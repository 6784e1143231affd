//! A member's numbers, as the first generation of the games makes them of species, IVs, EVs and level.

ghost use Rattle.std.specs.Prelude.{◌≡◌, ◌≤◌, ◌+◌};
ghost use Rattle.ps_calc.specs.Stats.{dv_of, grown, hp_dv_of, hp_stat_of, stat_of};

/// The DV, 0 to 15, that an IV, 0 to 31, stands for: half of it, rounded down.
#[tactic(auto, unfolding(crate::specs::Stats::dv_of))]
pub fn dv(iv: u8) -> u8
    requires iv { iv ≤ 31 }
    ensures value { result ≡ dv_of iv }
    ensures high { result ≤ 15 }
{
    iv / 2
}

/// The DV of HP, 0 to 15, from the DVs, 0 to 15, of Attack, Defense, Speed and Special, in this order: the last bit of
/// each, the first the highest.
#[tactic(auto, unfolding(crate::specs::Stats::hp_dv_of, crate::specs::Stats::odd))]
pub fn hp_dv(dvs: [u8; 4]) -> u8
    ensures value { result ≡ hp_dv_of dvs }
    ensures high { result ≤ 15 }
{
    8 * (dvs[0] % 2) + 4 * (dvs[1] % 2) + 2 * (dvs[2] % 2) + dvs[3] % 2
}

/// The part that HP and the other stats share.
#[tactic(auto, unfolding(crate::specs::Stats::grown))]
fn grow(base: u8, dv: u8, ev: u8, level: u8) -> u16
    requires dv { dv ≤ 15 }
    requires level { level ≤ 100 }
    ensures value { result ≡ grown base dv ev level }
    ensures high { result ≤ 603 }
{
    let sum = 2 * (u32::from(base) + u32::from(dv)) + u32::from(ev / 4);
    (sum * u32::from(level) / 100) as u16
}

/// Attack, Defense, Special or Speed, 5 to 608, of a species' base number, a DV, 0 to 15, an EV and a level, 1 to 100.
#[tactic(auto, unfolding(crate::specs::Stats::stat_of))]
pub fn stat(base: u8, dv: u8, ev: u8, level: u8) -> u16
    requires dv { dv ≤ 15 }
    requires level { level ≤ 100 }
    ensures value { result ≡ stat_of base dv ev level }
    ensures low { 5 ≤ result }
    ensures high { result ≤ 608 }
{
    grow(base, dv, ev, level) + 5
}

/// The greatest health, at most 713, of a species' base HP, the DV of HP, 0 to 15, an EV and a level, 1 to 100.
#[tactic(auto, unfolding(crate::specs::Stats::hp_stat_of))]
pub fn hp_stat(base: u8, dv: u8, ev: u8, level: u8) -> u16
    requires dv { dv ≤ 15 }
    requires level { level ≤ 100 }
    ensures value { result ≡ hp_stat_of base dv ev level }
    ensures low { level + 10 ≤ result }
    ensures high { result ≤ 713 }
{
    grow(base, dv, ev, level) + u16::from(level) + 10
}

Task requirements>
Filter the data above by the word "Special" and copy every line that matches.

Task output>
/// The DV of HP, 0 to 15, from the DVs, 0 to 15, of Attack, Defense, Speed and Special, in this order: the last bit of
/// Attack, Defense, Special or Speed, 5 to 608, of a species' base number, a DV, 0 to 15, an EV and a level, 1 to 100.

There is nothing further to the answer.